Figure 2. Purification of 6X His tagged SUMO-G6PDH fusion enzyme. (a) Elution profile of ten fractions collected from nickel agarose. (b) SDS-PAGE of SUMO-G6PDH before, during, and after tag removal by SUMO protease.
Results
G6PDH reduces NAD+ to NADH while oxidizing glucose-6-phosphate. This particular enzyme prefers to use NAD(P)+ as a cofactor, but we used NAD because this substrate is preferred by the NADH oxidase it will be paired with in the future. An activity assay was developed following the absorbance of NADH at 340 nm in a Biotek Synergy H4 Hybrid platereader. The enzyme was activated by phosphate and performed best at pH 7.0 (Figure 3). Interestingly, 100 mM phosphate shifted the Km from 3.6 mM NAD+ (consistent with the available literature) down to 1.7 mM. Thus, including a high concentration of phosphate is a useful approach to conserve relatively expensive NAD+.
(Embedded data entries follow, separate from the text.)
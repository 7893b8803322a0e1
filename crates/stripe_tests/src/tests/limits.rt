//! What a stripe refuses, where its places, flags and numbers end, and a stripe in a turn cell.
ghost use Rattle.std.specs.Prelude.{◌≡◌, [], List};
ghost use Rattle.reg_keys.specs.declared.entry.Entry.{Entry};
ghost use Rattle.stripe_table.specs.Represents.{ShowsPast};

use super::{Do, Job, perform, run};
use reg_keys::{Dir, Dirs, Opening};
use std::alloc::Global;
use std::test::Fail;
use stripe_table::{OpenReply, Reply, ReportReply, Stripe, StripeCall};
use turn_cell::{Tried, TurnCell};

#[test]
fn what_is_gone_is_refused(rt: HostRuntime) -> Result<(), Fail> {
    run(
        rt.alloc(),
        1,
        &[
            (Do::Open, "Opened 32"),
            (
                Do::Register(32, Dir::Read, Some(32), Some('A')),
                "Waits 64, no event",
            ),
            (Do::Withdraw(64), "Back A"),
            (Do::Withdraw(64), "Gone"),
            (
                Do::Register(32, Dir::Write, Some(32), None),
                "Waits 96, no event",
            ),
            (Do::Withdraw(96), "Back -"),
            (Do::Ask(96), "Unknown"),
            (Do::Open, "Taken 32"),
            (Do::Close(32), "Shut"),
            (Do::Close(32), "NotOpen"),
            (Do::Report(32, Dirs::Both), "Stale"),
            (Do::Register(32, Dir::Read, None, Some('B')), "Shut B"),
        ],
    )
}

#[test]
fn a_fifth_registration_finds_no_place(rt: HostRuntime) -> Result<(), Fail> {
    run(
        rt.alloc(),
        1,
        &[
            (Do::Open, "Opened 32"),
            (
                Do::Register(32, Dir::Read, Some(32), Some('A')),
                "Waits 64, no event",
            ),
            (
                Do::Register(32, Dir::Read, None, Some('B')),
                "Waits 96, no event",
            ),
            (
                Do::Register(32, Dir::Write, Some(32), Some('C')),
                "Waits 128, no event",
            ),
            (
                Do::Register(32, Dir::Write, None, None),
                "Waits 160, no event",
            ),
            (Do::Register(32, Dir::Read, None, Some('E')), "Crowded E"),
            (Do::Report(32, Dirs::Write), "Noted, 224"),
            (
                Do::Dispatch(32, 224),
                "Ran [128 w 32 192 C] [160 w 32 192 -], no event",
            ),
            (
                Do::Register(32, Dir::Read, None, Some('F')),
                "Waits 256, no event",
            ),
            (Do::Register(32, Dir::Read, None, Some('G')), "Crowded G"),
            (Do::Ask(160), "Ran w 32 192"),
            (
                Do::Register(32, Dir::Read, None, Some('G')),
                "Waits 288, no event",
            ),
            (Do::Close(32), "Shut [64 A] [96 B] [256 F] [288 G]"),
        ],
    )
}

#[test]
fn the_numbers_of_a_stripe_end(rt: HostRuntime) -> Result<(), Fail> {
    const LAST: u64 = (1 << 55) - 64;
    run(rt.alloc(), (1 << 50) - 1, &[(Do::Open, "Spent")])?;
    run(
        rt.alloc(),
        (1 << 50) - 2,
        &[
            (Do::Open, "Opened 36028797018963904"),
            (Do::Register(LAST, Dir::Read, None, Some('A')), "Spent A"),
            (Do::Report(LAST, Dirs::Both), "Spent"),
            (Do::Dispatch(LAST, 64), "Spent 64"),
            (Do::Close(LAST), "Shut"),
            (Do::Open, "Spent"),
        ],
    )
}

/// Opens the descriptor, registers four flags for an opening of this number, and closes it.
fn four_flags(alloc: Global, stripe: &mut Stripe<Job>, number: u64) -> Result<(), Fail>
    requires stripe { stripe.old.stripe ≡ 0 }
    requires fits { (past : List Entry) × ShowsPast (λ _. []) past stripe.old }
    ensures stripe { stripe.new.stripe ≡ 0 }
    ensures fits { (past : List Entry) × ShowsPast (λ _. []) past stripe.new }
{
    drop(perform(alloc, stripe, Do::Open)?);
    for _flag in 0..4 {
        drop(perform(
            alloc,
            stripe,
            Do::Register(number, Dir::Read, Some(number), None),
        )?);
    }
    drop(perform(alloc, stripe, Do::Close(number))?);
    Ok(())
}

#[test]
fn a_stripe_has_room_for_512_flags(rt: HostRuntime) -> Result<(), Fail> {
    let mut stripe = Stripe::from_count(rt.alloc(), 0, 1)?;
    for round in 0..128 {
        four_flags(rt.alloc(), &mut stripe, 32 * (1 + 5 * round))?;
    }
    let opened = perform(rt.alloc(), &mut stripe, Do::Open)?;
    assert_eq!(rt; opened.as_str(), "Opened 20512");
    let flag = perform(
        rt.alloc(),
        &mut stripe,
        Do::Register(20512, Dir::Read, Some(20512), None),
    )?;
    assert_eq!(rt; flag.as_str(), "Crowded -");
    let job = perform(
        rt.alloc(),
        &mut stripe,
        Do::Register(20512, Dir::Read, Some(20512), Some('A')),
    )?;
    assert_eq!(rt; job.as_str(), "Waits 20544, no event");
    let told = perform(rt.alloc(), &mut stripe, Do::Ask(64))?;
    assert_eq!(rt; told.as_str(), "Closed");
    let flag = perform(
        rt.alloc(),
        &mut stripe,
        Do::Register(20512, Dir::Read, Some(20512), None),
    )?;
    assert_eq!(rt; flag.as_str(), "Waits 20576, no event");
    Ok(())
}

#[test]
fn a_stripe_lies_in_a_turn_cell(rt: HostRuntime) -> Result<(), Fail> {
    let stripe: Stripe<Job> = Stripe::new(rt.alloc(), 0)?;
    let (cell, mut pass) = TurnCell::new(rt.alloc(), stripe)?;
    let mut other = cell.split(&mut pass)?;
    let Tried::Done(Reply::Open(OpenReply::Opened(o))) = cell.try_step(
        &mut pass,
        StripeCall::Open(0),
    ) else {
        return Err(Fail::from("not opened"));
    };
    assert_eq!(rt; o.number, 32);
    let opening = Opening { number: 32, fd: 0 };
    let Tried::Done(Reply::Report(ReportReply::Noted(None))) = cell.try_step(
        &mut other,
        StripeCall::Report(opening, Dirs::Both),
    ) else {
        return Err(Fail::from("not noted"));
    };
    cell.join(&mut pass, other);
    assert_eq!(rt; cell.seen(&mut pass), 2);
    let Ok(part) = cell.close(pass) else {
        return Err(Fail::from("held"));
    };
    drop(part);
    Ok(())
}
Figure 3. Conditions for optimal G6PDH activity. (a) pH series in HEPES buffer (b) The result of buffering with HEPES (black) versus phosphate (orange). The pH ranged from 6.8 – 7.5 during NAD+ titration (due to acidity of NAD+).
The activity of G6PDH was regularly measured at 60oC. However, to see the effect of different temperatures activity assays were also conducted at 50, 40, and 30oC. Additionally, G6PDH was divided into parts and incubated at 50, 60, or 70oC prior to activity measurements in order to evaluate the stability of the enzyme over time (Figure 4). The half-life was approximately 5, 10, and 20 hrs at 70oC, 60oC, and 50oC. This suggests that the highest yield over time might be found in the 40 – 50oC range, but this requires more detailed experimentation.
Figure 4. The effect of temperature on G6PDH activity and stability. (a) The activity at different temperatures in a temperature-controlled platereader. (b) The remaining activity after incubating G6PDH at 50, 60, and 70oC.
Conclusion
This enzyme was successfully purified and stored for future coupled enzyme assays with NADH oxidase. The information gathered on buffer conditions and temperature will be needed to plan these future experiments. We are optimistic that it will be a useful tool for characterizing NADH oxidase activity in soluble form, as well as in immobilized form. Purification of this enzyme with the SUMO tag and subsequent removal of the tag with SUMO protease also validated the SUMO system for protein expression for the first time at Solidzymes. This system will be used in the future to facilitate purification and promote solubility of challenging proteins.